20 Moreover, the scope of the present application is not intended to be limited to the particular embodiments of the process, machine, manufacture, and composition of matter, means, methods and steps described in the specification. As one of ordinary skill in the art will) readily appreciate from the present disclosure, processes, machines, manufacture, compositions of matter, means, methods, or steps, presently existing or later to be developed, that perform substantially the same function or achieve substantially the same result as the corresponding embodiments described herein, may be utilized according to the present disclosure. Accordingly, the appended claims are intended to include within their scope such processes, machines, manufacture, compositions of matter, means, methods, or steps.

It should be noted that, in the description of the present disclosure, an x-y-z coordinate system is assumed where x and y refer to dimensions within the plane parallel to the major surface of the structure and z refers a dimension perpendicular to the plane, two features are topographically aligned or a feature is topographically above another feature when those features have substantially the same x, y coordinates.

It should be noted that, in the description of the present disclosure, the term “about” modifying the quantity of an ingredient, component, or reactant of the present disclosure employed refers to variation in the numerical quantity that can occur, for example, through typical measuring and liquid handling procedures used for making concentrates or solutions. Furthermore, variation can occur from inadvertent error in measuring procedures, differences in the manufacture, source, or purity of the ingredients employed to make the compositions or carry out the methods, and the like. In one aspect, the term “about” means within 10% of the reported numerical value. In another aspect, the term “about” means within 5% of the reported numerical value. Yet, in another aspect, the term “about” means within 10, 9, 8, 7, 6, 5, 4, 3, 2, or 1% of the reported numerical value.

It should be noted that, in the description of the present disclosure, some elements (e.g., substrate and first dielectric layer) in the schematic top-view diagrams may be omitted for clarity.

Although the present disclosure and its advantages have been described in detail, it should be understood that various changes, substitutions and alterations can be made herein without departing from the spirit and scope of the disclosure as defined by the appended claims. For example, many of the processes discussed above can be implemented in different methodologies and replaced by other processes, or a combination thereof.

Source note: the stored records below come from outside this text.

//! Where a blob is to go, decided before anything is written.

ghost use Rattle.std.specs.Prelude.{◌≡◌, ◌≢◌, ◌↔◌, ℕ, ◌+◌, ◌*◌, ◌^◌, ◌≤◌, ◌<◌, true, false, None, Some, Err, length, MatchOption, IfSome, IsSome, OnOk, OnErr, IfOk, is_none};
ghost use Rattle.rpm_pkgdb.specs.Prelude.{AreAllUsed, AreUsedTo, field_after, FitsNowhere, has_number, HasMoreRoom, HasNoPlace, IsFirstFree, IsFor, IsStoreFull, IsLeast, IsPackageNumber, IsPlan, IsPlanned, IsTargetFor, next_field, next_number, slot_at, slot_for, slot_with};
ghost use Rattle.rpm_pkgdb.specs.declared.plan.PlanFault.TheVariants as faults;

use crate::page_plan::Page;
use crate::slot::Slot;
use crate::store::PkgDb;
use crate::used::make_room;
use std::alloc::{AllocError, AllocFailed, Global};

/// Number, slot and blocks of a blob.
#[derive(Clone, Copy)]
pub struct Target {
    pub(crate) number: u32,
    /// Of its slot.
    pub(crate) place: u32,
    /// The first block.
    pub(crate) start: u32,
    /// In bytes.
    pub(crate) length: u32,
    /// Whether no slot has the number yet.
    pub(crate) is_new: bool,
}

/// Where a blob of a length is to go.
#[derive(Drop)]
pub struct Plan {
    pub(crate) target: Target,
    /// A slot page that is added first.
    pub(crate) page: Option<Page>,
}

/// Why a blob can't be put.
#[derive(Clone, Copy, PartialEq, Eq)]
pub enum PlanFault {
    /// The next number is 4294967295, which no package can have.
    NumbersSpent,
    /// The blob, or a blob in the way of the slot page that is added for it, fits nowhere below 4 GiB.
    StoreFull,
    /// There was no memory for what the put needs.
    NoMemory,
}

impl From<AllocError> for PlanFault {
    ghost from_gives = { λ _ e. e ≡ faults.NoMemory };

    fn from(_: AllocError) -> PlanFault {
        PlanFault::NoMemory
    }
}

impl<T: Drop> From<AllocFailed<T>> for PlanFault {
    ghost from_gives = { λ _ e. e ≡ faults.NoMemory };

    fn from(_: AllocFailed<T>) -> PlanFault {
        PlanFault::NoMemory
    }
}

/// The first free slot, where those before a place are used. Takes a step for each slot from there up to it.
pub fn first_free(slots: &[Slot], from: u32) -> Option<u32>
    requires few { length slots.now < 2 ^ 32 }
    requires taken { AreUsedTo slots.now from }
    ensures { MatchOption result (AreAllUsed slots.now) (IsFirstFree slots.now) }
{
    for k in from as usize..slots.len() {
        if slots[k].offset == 0 {
            return Some(k as u32);
        }
    }
    None
}

impl PkgDb {
    /// Gathers the used ranges, where that wasn't done yet, and makes room for one put.
    fn prepare(&mut self, alloc: Global) -> Result<(), AllocError>
        ensures value { HasMoreRoom self.old self.new }
        ensures room { OnOk result (1 ≤ self.new.spare) }
        ensures err { OnErr result (self.new ≡ self.old) }
    {
        if self.spare >= 1 {
            return Ok(());
        }
        make_room(alloc, &mut self.used, &self.slots)?;
        self.numbers.reserve(1)?;
        self.spare = 1;
        Ok(())
    }

    /// The least block from one on at which so many are free.
    fn fit(&self, count: u32, from: u32) -> Option<u32>
        requires some { 1 ≤ count }
        requires room { 1 ≤ self.now.spare }
        ensures { MatchOption result (FitsNowhere self.now.slots count from) (IsLeast self.now.slots count from) }
    {
        match &self.used {
            None => unreachable!(),
            Some(used) => used.first_fit(count, from),
        }
    }

    /// Plans a blob into a slot that is there.
    fn plan_there(
        &self,
        number: u32,
        place: u32,
        size: u32,
        is_new: bool,
    ) -> Result<Plan, PlanFault>
        requires room { 1 ≤ self.now.spare }
        requires new { is_new ≡ true → (number ≡ next_number self.now) × IsFirstFree self.now.slots place }
        requires held { is_new ≡ false → has_number number (slot_at self.now.slots place) ≡ true }
        requires number { IsPackageNumber number }
        requires below { place < length self.now.slots }
        requires few { size ≤ 68157432 }
        ensures plan { IfOk result (IsPlan self.now) }
        ensures target { IfOk result (λ plan. IsTargetFor number size is_new plan.target) }
        ensures full { result ≡ Err PlanFault.StoreFull → IsStoreFull self.now is_new size }
        ensures kinds { result ≢ Err PlanFault.NumbersSpent }
    {
        match self.fit((size + 43) / 16, 256 * self.pages) {
            None => Err(PlanFault::StoreFull),
            Some(start) => Ok(Plan {
                target: Target {
                    number,
                    place,
                    start,
                    length: size,
                    is_new,
                },
                page: None,
            }),
        }
    }

    /// Plans a blob into the first slot of a page more.
    fn plan_behind(&self, alloc: Global, number: u32, length: u32) -> Result<Plan, PlanFault>
        requires made { 1 ≤ self.now.pages }
        requires room { 1 ≤ self.now.spare }
        requires all { AreAllUsed self.now.slots }
        requires next { number ≡ next_number self.now }
        requires number { IsPackageNumber number }
        requires few { length ≤ 68157432 }
        ensures plan { IfOk result (IsPlan self.now) }
        ensures target { IfOk result (λ plan. IsTargetFor number length true plan.target) }
        ensures full { result ≡ Err PlanFault.StoreFull → IsStoreFull self.now true length }
        ensures kinds { result ≢ Err PlanFault.NumbersSpent }
    {
        let _ = &self.slots;
        let page = self.plan_page(alloc)?;
        match page.fit((length + 43) / 16, 256 * (self.pages + 1)) {
            None => Err(PlanFault::StoreFull),
            Some(start) => Ok(Plan {
                target: Target {
                    number,
                    place: self.slots.len() as u32,
                    start,
                    length,
                    is_new: true,
                },
                page: Some(page),
            }),
        }
    }

    /// Plans a blob, once there is room for it.
    fn plan_ready(&self, alloc: Global, n: Option<u32>, length: u32) -> Result<Plan, PlanFault>
        requires made { 1 ≤ self.now.pages }
        requires room { 1 ≤ self.now.spare }
        requires held { IfSome n (λ m. IsSome (slot_with m self.now.slots)) }
        requires few { length ≤ 68157432 }
        requires left { n ≡ None → next_number self.now ≢ 4294967295 }
        ensures plan { IfOk result (IsPlan self.now) }
        ensures asked { IfOk result (λ plan. IsFor n length plan) }
        ensures full { result ≡ Err PlanFault.StoreFull → IsStoreFull self.now (is_none n) length }
        ensures kinds { result ≢ Err PlanFault.NumbersSpent }
    {
        if let Some(m) = n {
            return self.plan_there(m, self.slot_place(m).0, length, false);
        }
        let number = self.next_number();
        match first_free(&self.slots, self.free_from) {
            Some(place) => self.plan_there(number, place, length, true),
            None => self.plan_behind(alloc, number, length),
        }
    }

    /// Whether a new number is asked for and there is none.
    fn is_spent(&self, n: Option<u32>) -> bool
        ensures spent { result ≡ true → (n ≡ None) × (next_number self.now ≡ 4294967295) }
        ensures left { result ≡ false → n ≡ None → next_number self.now ≢ 4294967295 }
    {
        n.is_none() && self.next_number() == u32::MAX
    }
}

impl PkgDb {
    /// Decides where a blob of a length goes, under a number that is there or, for `None`, under a new one; and makes
    /// the room for it.
    ///
    /// The blob goes to the least free blocks after the slot pages, a new number to the first free slot. Nothing is
    /// read and nothing written. The first plan of a value gathers the used ranges, a step a slot where they rise in
    /// the order of the file, and else n log n, which is linear where they rise in a few runs; it takes 24 bytes a
    /// slot, and where they don't rise at most 12 more meanwhile. A later one takes two binary searches, a step for
    /// each gap that is too narrow, and for a new number a step for each used slot from the last one put on.
    ///
    /// A new number for which no slot is free asks for a slot page more. The blobs in its way are planned to move
    /// after it, by rising block, each to the least free place; then the new blob. This takes a step a slot to find
    /// them and a copy of the slots and of their ranges, 28 bytes a slot and 8 for each gap, until the put; and for
    /// each of them, which are at most 256, as many steps as there are of them, and the ranges after it move in
    /// memory. In a row of additions each so pays a 256th of it.
    ///
    /// # Errors
    ///
    /// - `NumbersSpent` exactly where a new number is asked for and the next one is 4294967295.
    /// - `StoreFull` exactly where it doesn't come, the blob or one that has to move fits nowhere below 4 GiB, and
    ///   there was memory.
    /// - `NoMemory` where the room finds no memory.
    ///
    /// The value is as it was then.
    pub fn plan(&mut self, alloc: Global, n: Option<u32>, length: u32) -> Result<Plan, PlanFault>
        requires made { 1 ≤ self.old.pages }
        requires held { IfSome n (λ m. IsSome (slot_with m self.old.slots)) }
        requires few { length ≤ 68157432 }
        ensures value { HasMoreRoom self.old self.new }
        ensures err { OnErr result (self.new ≡ self.old) }
        ensures planned { IfOk result (IsPlanned n length self.old self.new) }
        ensures spent { (result ≡ Err PlanFault.NumbersSpent) ↔ ((n ≡ None) × (next_number self.old ≡ 4294967295)) }
        ensures full { result ≡ Err PlanFault.StoreFull → HasNoPlace n length self.old }
    {
        if self.is_spent(n) {
            return Err(PlanFault::NumbersSpent);
        }
        let spare = self.spare;
        self.prepare(alloc)?;
        match self.plan_ready(alloc, n, length) {
            Ok(plan) => Ok(plan),
            Err(fault) => {
                self.spare = spare;
                Err(fault)
            }
        }
    }
}

impl Target {
    /// What becomes of the number field: for a new number it is the one after it.
    pub(crate) fn next_field(&self) -> Option<u32>
        requires { self.now.number < 4294967295 }
        ensures { result ≡ next_field self.now }
    {
        if self.is_new {
            Some(self.number + 1)
        } else {
            None
        }
    }

    /// The number field after the put.
    pub(crate) fn field_after(&self, field: u32) -> u32
        requires { self.now.number < 4294967295 }
        ensures { result ≡ field_after (next_field self.now) field }
    {
        match self.next_field() {
            None => field,
            Some(next) => next,
        }
    }

    /// The place before which all slots are used after the put, given one before it. A new number takes the first
    /// free slot.
    pub(crate) fn free_after(&self, from: u32) -> u32
        requires { self.now.place < 2 ^ 28 }
        ensures new { self.now.is_new ≡ true → result ≡ self.now.place + 1 }
        ensures held { self.now.is_new ≡ false → result ≡ from }
    {
        if self.is_new { self.place + 1 } else { from }
    }

    /// The slot of the blob.
    pub(crate) fn slot(&self) -> Slot
        requires { self.now.length ≤ 68157432 }
        ensures { result ≡ slot_for self.now }
    {
        Slot {
            number: self.number,
            offset: self.start,
            count: (self.length + 43) / 16,
        }
    }
}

Moreover, the scope of the present application is not intended to be limited to the particular embodiments of the process, machine, manufacture, composition of matter, means, methods and steps described in the specification. As one of ordinary skill in the art will readily appreciate from the disclosure of the present disclosure, processes, machines, manufacture, compositions of matter, means, methods, or steps, presently existing or later to be developed, that perform substantially the same function or achieve substantially the same result as the corresponding embodiments described herein may be utilized according to the present disclosure. Accordingly, the appended claims are intended to include within their scope such processes, machines, manufacture, compositions of matter, means, methods, and steps.